Kha, Khe, Xe, He or Ha (Х х; italics: Х х or Х х; italics: Х х) is a letter of the Cyrillic script. It looks the same as the Latin letter X (X x X x), in both uppercase and lowercase, both roman and italic forms, and was derived from the Greek letter Chi, which also bears a resemblance to both the Latin X and Kha itself.

It commonly represents the voiceless velar fricative //x//, similar to how some Scottish speakers pronounce the hard ch in “loch”, but has different pronunciations in different languages.

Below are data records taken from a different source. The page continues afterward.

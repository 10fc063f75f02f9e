//! Workers: the loops that threads run over a store. They go by a step interface and by a gate alone.
#![tactic(auto)]

pub mod acts;
pub mod gate;
pub mod kept;
pub mod operation;
pub mod shared;
pub mod steps;
pub mod worker;
pub mod writers;
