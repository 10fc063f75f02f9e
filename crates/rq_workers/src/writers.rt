//! The loops of the log writer and of the page writer, and the one that makes checkpoints.
ghost use Rattle.std.specs.Prelude.{◌≡◌};
ghost use Rattle.rq_workers.specs.Acts.{Did};
ghost use Rattle.rq_workers.specs.Loops.{IsLogWriting, IsPageWriting, IsCheckpointing, page_after};

use crate::gate::{BEFORE_CHECKPOINT, BEFORE_FORCE, BEFORE_WRITE, Gate};
use crate::steps::Steps;
use crate::worker::Worker;
use rq_engine::event::Event;
use std::sync::Wait;

impl<G: Gate + Drop, S: Steps> Worker<G, S> {
    /// Forces the log whenever the gate lets it through, until the gate says no. A force that is refused is made again
    /// in the next round.
    pub fn write_log<R: Wait>(&mut self, rt: &R)
        ensures { Did IsLogWriting self.old self.new }
    {
        for _ in rt.forever() {
            if !self.asks(BEFORE_FORCE) {
                return;
            }
            self.forces();
        }
        unreachable!()
    }

    /// Writes the pages of a store of so many, by rising number and again from the first. It writes one whenever the
    /// gate lets it through, until the gate says no. A page that cannot go out yet has its turn again in the next
    /// round.
    pub fn write_pages<R: Wait>(&mut self, rt: &R, pages: u32)
        ensures { Did (IsPageWriting pages) self.old self.new }
    {
        let mut page = 0;
        for _ in rt.forever() {
            if !self.asks(BEFORE_WRITE) {
                return;
            }
            self.calls(Event::WritePage(page));
            page = behind(page, pages);
        }
        unreachable!()
    }

    /// Makes a checkpoint whenever the gate lets it through, until the gate says no. One that is refused, as where a transaction
    /// is open, is tried again in the next round.
    pub fn make_checkpoints<R: Wait>(&mut self, rt: &R)
        ensures { Did IsCheckpointing self.old self.new }
    {
        for _ in rt.forever() {
            if !self.asks(BEFORE_CHECKPOINT) {
                return;
            }
            self.calls(Event::Checkpoint);
        }
        unreachable!()
    }
}

// The page behind this one, and the first behind the last.
fn behind(page: u32, pages: u32) -> u32
    ensures { result ≡ page_after pages page }
{
    match page.checked_add(1) {
        Some(next) if next < pages => next,
        _ => 0,
    }
}
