//! A file that is read and written by places. What it keeps is claimed by nobody: its calls are noted, and contracts
//! see the notes.
ghost use Rattle.std.specs.Prelude.{◌≡◌, [], ◌∷◌, ℕ, List, IfOk, OnOk, OnErr};
ghost use Rattle.rq_disk.specs.FileCalls.{FileCall};
ghost use Rattle.rq_disk.specs.FileCalls.FileCall.{Gave, Denied, Took, Tried, Cut, Uncut, Replaced, Unreplaced, Synced, Missed};

use crate::noted::Calls;
use std::fs::File;
use std::io;
use std::io::ErrorKind;
use std::os::unix::fs::FileExt;

/// A file that is read and written by places.
pub trait Storage {
    /// Its calls so far, the newest first: each that is noted was made, and each that was made is noted.
    ghost calls: { Self → List FileCall };

    /// How many bytes it was told to have when it was opened.
    ghost opened: { Self → ℕ };

    /// Fills `into` with the bytes from the place `at` on. It errs where there are fewer.
    fn fill(&mut self, into: &mut [u8], at: u64) -> io::Result<()>
        ensures gave { OnOk result (calls self.new ≡ Gave at into.new ∷ calls self.old) }
        ensures denied { OnErr result (calls self.new ≡ Denied at ∷ calls self.old) }
        ensures opened { opened self.new ≡ opened self.old };

    /// Writes all of `bytes`, from the place `at` on. Where it errs, any of them may have been written.
    fn put(&mut self, bytes: &[u8], at: u64) -> io::Result<()>
        ensures took { OnOk result (calls self.new ≡ Took at bytes.now ∷ calls self.old) }
        ensures tried { OnErr result (calls self.new ≡ Tried at bytes.now ∷ calls self.old) }
        ensures opened { opened self.new ≡ opened self.old };

    /// Loses what is behind its first `len` bytes, if there is more. Where it errs, it may have lost that.
    fn shorten(&mut self, len: u64) -> io::Result<()>
        ensures cut { OnOk result (calls self.new ≡ Cut len ∷ calls self.old) }
        ensures uncut { OnErr result (calls self.new ≡ Uncut len ∷ calls self.old) }
        ensures opened { opened self.new ≡ opened self.old };

    /// Goes on with another file in its place, which has these bytes alone, all durable. Where it errs, a later opening may find
    /// either.
    fn exchange(&mut self, bytes: &[u8]) -> io::Result<()>
        ensures replaced { OnOk result (calls self.new ≡ Replaced bytes.now ∷ calls self.old) }
        ensures unreplaced { OnErr result (calls self.new ≡ Unreplaced bytes.now ∷ calls self.old) }
        ensures opened { opened self.new ≡ opened self.old };

    /// Makes all that was written durable.
    fn sync(&mut self) -> io::Result<()>
        ensures synced { OnOk result (calls self.new ≡ Synced ∷ calls self.old) }
        ensures missed { OnErr result (calls self.new ≡ Missed ∷ calls self.old) }
        ensures opened { opened self.new ≡ opened self.old };
}

/// What puts another file in the place of one.
pub trait Exchange: Drop {
    /// Puts a file that has these bytes alone where `old` stands, and answers it, locked. All of that is durable. Where it errs,
    /// either file may stand there.
    fn exchange(&self, old: &File, bytes: &[u8]) -> io::Result<File>;
}

/// Puts none there.
#[derive(Drop)]
pub struct Fixed;

impl Exchange for Fixed {
    fn exchange(&self, _old: &File, _bytes: &[u8]) -> io::Result<File> {
        Err(ErrorKind::Unsupported.into())
    }
}

/// A file of the system, locked for this opening alone. `X` puts another in its place.
#[derive(Drop)]
pub struct NotedFile<X: Exchange = Fixed> {
    file: File,
    by: X,
    // its length when it was opened
    len: u64,
    calls: Calls,
}

impl<X: Exchange> Storage for NotedFile<X> {
    ghost calls = { λ f. f.calls };

    ghost opened = { λ f. f.len };

    fn fill(&mut self, into: &mut [u8], at: u64) -> io::Result<()> {
        let done = self.file.read_exact_at(into, at);
        match done {
            Ok(()) => self.calls.gave(at, into),
            Err(_) => self.calls.denied(at),
        }
        done
    }

    fn put(&mut self, bytes: &[u8], at: u64) -> io::Result<()> {
        let done = self.file.write_all_at(bytes, at);
        match done {
            Ok(()) => self.calls.took(at, bytes),
            Err(_) => self.calls.tried(at, bytes),
        }
        done
    }

    fn shorten(&mut self, len: u64) -> io::Result<()> {
        let done = shorten(&self.file, len);
        match done {
            Ok(()) => self.calls.cut(len),
            Err(_) => self.calls.uncut(len),
        }
        done
    }

    fn exchange(&mut self, bytes: &[u8]) -> io::Result<()> {
        match self.by.exchange(&self.file, bytes) {
            Ok(file) => {
                self.file = file;
                self.calls.replaced(bytes);
                Ok(())
            }
            Err(error) => {
                self.calls.unreplaced(bytes);
                Err(error)
            }
        }
    }

    fn sync(&mut self) -> io::Result<()> {
        let done = self.file.sync_data();
        match done {
            Ok(()) => self.calls.synced(),
            Err(_) => self.calls.missed(),
        }
        done
    }
}

// Sets the length of a file that is longer.
fn shorten(file: &File, len: u64) -> io::Result<()> {
    if file.metadata()?.len() > len {
        file.set_len(len)?;
    }
    Ok(())
}

impl<X: Exchange> NotedFile<X> {
    ghost use Rattle.rq_disk.specs.Stored.{file_calls, opened_len};

    /// Locks a file and syncs it; beside it, its length in bytes. The lock is the system's advisory one: it ends with
    /// the value.
    ///
    /// # Errors
    /// `WouldBlock` where another opening holds the lock; those of the system.
    pub fn open(file: File, by: X) -> io::Result<(NotedFile<X>, u64)>
        ensures calls { IfOk result (λ opened. file_calls opened.0 ≡ []) }
        ensures len { IfOk result (λ opened. opened_len opened.0 ≡ opened.1) }
    {
        file.try_lock()?;
        file.sync_all()?;
        let len = file.metadata()?.len();
        let calls = Calls::none();
        Ok((
            NotedFile {
                file,
                by,
                len,
                calls,
            },
            len,
        ))
    }
}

Kha is romanised as kh for Russian, Ukrainian, Mongolian, and Tajik, and as ch for Belarusian and Polish, while being romanised as h for Serbo-Croatian, Bulgarian, Macedonian, and Kazakh.
It is also romanised as j for Spanish.

==History==
The Cyrillic letter Kha was derived from the Phoenician letter samekh and Greek letter Chi (Χ χ).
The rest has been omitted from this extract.